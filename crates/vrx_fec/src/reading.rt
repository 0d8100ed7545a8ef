//! From octets to a FEC payload (RFC 5109 7.3, 7.4).

ghost use Rattle.std.specs.Prelude.{◌≡◌, ℕ, ◌+◌, length, Some, None, Ok, IfOk, IsOkAnd, map};
ghost use Rattle.std.specs.Option.{option_map};
ghost use Rattle.vrx_fec.specs.Payload.{Payload, IsPayload, distance, first_mask, is_ahead, masks};
ghost use Rattle.vrx_fec.specs.Reading.{level_header_at, level_at, level_size, is_nested, next_level_at, levels_at, head_at, protecting, reading};
ghost use Rattle.vrx_fec.specs.View.{view, view_level, view_result, result_by};

use crate::fault::{FecFault, FecFaultKind};
use crate::fec::{Fec, HEAD, Level};
use crate::mask::{is_within, names_from};
use arrayvec::ArrayVec;
use vrx_num::limits::HALF_SPACE;

/// The protection length, the mask, and what is after them.
fn level_header_of(long: bool, octets: &[u8]) -> Option<(u16, u64, &[u8])>
    ensures { option_map (λ x. (x.0, x.1, x.2.now)) result ≡ level_header_at long octets.now }
{
    if long {
        let [l1, l0, m5, m4, m3, m2, m1, m0, rest @ ..] = octets else {
            return None;
        };
        let mask = u64::from_be_bytes([0, 0, *m5, *m4, *m3, *m2, *m1, *m0]);
        Some((u16::from_be_bytes([*l1, *l0]), mask, rest))
    } else {
        let [l1, l0, m1, m0, rest @ ..] = octets else {
            return None;
        };
        let mask = u64::from(u16::from_be_bytes([*m1, *m0]));
        Some((u16::from_be_bytes([*l1, *l0]), mask, rest))
    }
}

/// The level at this offset, and what is after it.
fn level_of(long: bool, at: usize, octets: &[u8]) -> Result<(Level<'_>, &[u8]), FecFault>
    ensures { result_by (λ x. (view_level x.0, x.1.now)) result ≡ level_at long at octets.now }
{
    let past_end = FecFault {
        kind: FecFaultKind::LevelPastEnd,
        at,
    };
    let Some((size, mask, rest)) = level_header_of(long, octets) else {
        return Err(past_end);
    };
    if rest.len() < usize::from(size) {
        return Err(past_end);
    }
    let (octets, rest) = rest.split_at(usize::from(size));
    Ok((Level { mask, octets }, rest))
}

/// Whether a mask is within the one before it, if there is one.
fn is_nested(before: Option<u64>, mask: u64) -> bool
    ensures { result ≡ is_nested before mask }
{
    match before {
        Some(before) => is_within(mask, before),
        None => true,
    }
}

/// The same, if the level's mask is within the one before it.
fn next_level_of(
    long: bool,
    before: Option<u64>,
    at: usize,
    octets: &[u8],
) -> Result<(Level<'_>, &[u8]), FecFault>
    ensures reads { result_by (λ x. (view_level x.0, x.1.now)) result ≡ next_level_at long before at octets.now }
    ensures leaves { IfOk result (λ x. length octets.now ≡ level_size long (view_level x.0) + length x.1.now) }
{
    let (level, rest) = level_of(long, at, octets)?;
    if !is_nested(before, level.mask) {
        return Err(FecFault {
            kind: FecFaultKind::NotNested,
            at,
        });
    }
    Ok((level, rest))
}

/// The levels to the end of the payload. The octets stand at octet `HEAD` of it.
fn levels_of(long: bool, octets: &[u8]) -> Result<ArrayVec<Level<'_>, 8>, FecFault>
    ensures { result_by (λ x. map view_level x.items) result ≡ levels_at 8 long None HEAD octets.now }
{
    let mut levels = ArrayVec::new();
    let mut before = None;
    let mut at = HEAD;
    let mut rest = octets;
    while rest.len() > 0 {
        if levels.is_full() {
            return Err(FecFault {
                kind: FecFaultKind::ManyLevels,
                at,
            });
        }
        match next_level_of(long, before, at, rest) {
            Ok((level, after)) => {
                at += rest.len() - after.len();
                before = Some(level.mask);
                rest = after;
                levels.push(level);
            }
            Err(fault) => return Err(fault),
        }
    }
    Ok(levels)
}

/// The FEC header, and what is after it.
fn head_of(payload: &[u8]) -> Result<([u8; 10], &[u8]), FecFault>
    ensures { result_by (λ x. (x.0, x.1.now)) result ≡ head_at payload.now }
{
    let [h0, h1, h2, h3, h4, h5, h6, h7, h8, h9, rest @ ..] = payload else {
        return Err(FecFault {
            kind: FecFaultKind::Short,
            at: payload.len(),
        });
    };
    let head = [*h0, *h1, *h2, *h3, *h4, *h5, *h6, *h7, *h8, *h9];
    Ok((head, rest))
}

/// The mask of level 0, and 0 if there is none.
fn first_mask(fec: &Fec<'_>) -> u64
    ensures { result ≡ first_mask (masks (view fec.now).levels) }
{
    match fec.levels.as_slice() {
        [first, ..] => first.mask,
        [] => 0,
    }
}

/// How far a number lies beyond SN base.
fn distance(own: u16, base: u16) -> u16
    ensures { result ≡ distance own base }
{
    own.wrapping_sub(base)
}

/// Whether a number that the payload protects isn't before the packet's own.
fn is_ahead(fec: &Fec<'_>, own: u16) -> bool
    ensures { result ≡ is_ahead own (view fec.now) }
{
    let distance = distance(own, fec.base);
    u64::from(distance) >= HALF_SPACE || names_from(fec.long, first_mask(fec), distance)
}

/// The payload, if it protects something, and only numbers before its own.
fn protecting(fec: Fec<'_>, own: u16) -> Result<Fec<'_>, FecFault>
    ensures { view_result result ≡ protecting own (view fec.entry) }
{
    if first_mask(&fec) == 0 {
        return Err(FecFault {
            kind: FecFaultKind::NoneProtected,
            at: HEAD,
        });
    }
    if is_ahead(&fec, own) {
        return Err(FecFault {
            kind: FecFaultKind::AheadOfSelf,
            at: 2,
        });
    }
    Ok(fec)
}

/// The payload that the octets are, taken from the front.
fn payload_of(payload: &[u8], own: u16) -> Result<Fec<'_>, FecFault>
    ensures { view_result result ≡ reading payload.now own }
{
    let (head, rest) = head_of(payload)?;
    let long = head[0] / 64 % 2 == 1;
    let base = u16::from_be_bytes([head[2], head[3]]);
    match levels_of(long, rest) {
        Ok(levels) => protecting(
            Fec {
                base,
                head,
                long,
                levels,
            },
            own,
        ),
        Err(fault) => Err(fault),
    }
}

/// The FEC payload that the octets of the packet of this number are (RFC 5109 7.3, 7.4). It takes no memory.
///
/// Octets that are none have the first fault that applies, in the order of [`FecFaultKind`]. Bit E is ignored, and a
/// protection length may be 0.
pub fn read_fec(payload: &[u8], own: u16) -> Result<Fec<'_>, FecFault>
    // What is read, wherever it lies in memory.
    ensures reads { view_result result ≡ reading payload.now own }
    // What is read has the form of a payload, and what has that form is read.
    ensures payload { IfOk result (λ fec. IsPayload payload.now own (view fec)) }
    ensures only { (p : Payload) → IsPayload payload.now own p → IsOkAnd result (λ fec. view fec ≡ p) }
{
    payload_of(payload, own)
}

^^^^

Task item:
Your task is to transcribe, with no changes, only the lines of the listing above that lie between the line holding "if is_ahead(&fec, own)" and the line holding "from the front.", inclusive.

Solution to the problem:
    if is_ahead(&fec, own) {
        return Err(FecFault {
            kind: FecFaultKind::AheadOfSelf,
            at: 2,
        });
    }
    Ok(fec)
}

/// The payload that the octets are, taken from the front.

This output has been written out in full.